Boosting Electrocatalytic Oxygen Evolution Performance of Ultrathin Co/Ni-MOF Nanosheets via Plasmon-Induced Hot Carriers

ACS Appl Mater Interfaces. 2018 Oct 31;10(43):37095-37102. doi: 10.1021/acsami.8b13472. Epub 2018 Oct 16.

Abstract

Ultrathin metal-organic framework (MOF) nanosheets with large active sites and superior catalytic properties have attracted extensive interests and are promising for oxygen evolution reaction (OER) for water splitting. Herein, we report a novel and highly efficient hetero-nanostructured OER system based on plasmonic Au nanoparticles (NPs) and ultrathin semiconductor-like Co/Ni-MOF nanosheets.

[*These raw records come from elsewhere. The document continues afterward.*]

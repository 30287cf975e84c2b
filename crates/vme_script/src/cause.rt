//! The causes of refusals of boards, of the turns and of mailboxes. A cause has the values that its
//! text names, and allocates nothing.
mod board;
mod mailbox;
mod schedule;

pub use board::{BoardCause, BoardName};
pub use mailbox::MailboxCause;
pub use schedule::ScheduleCause;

The OER performance of the hybrid system can be tuned (by varying the AuNP sizes) and the oxidation current significantly enhanced to ∼10-fold with incorporated AuNPs of ∼20 nm. An onset overpotential (η) of only 0.33 V was achieved under light illumination, which was much lower than the pure Ni/Co-MOF (0.48 V). Further analysis revealed the key role of the plasmonically induced hot holes (via electric- and combined photoexcitation) in boosting the OER performance of the resulting system. The finding and the proposed concept provide a new insight for understanding the plasmon enhancements in catalysis and may open a new avenue to design MOF hetero-nanostructures with high performance for photoelectrocatalysis.

Keywords: OER; Schottky junction; hot hole; surface plasmon; ultrathin metal−organic frameworks.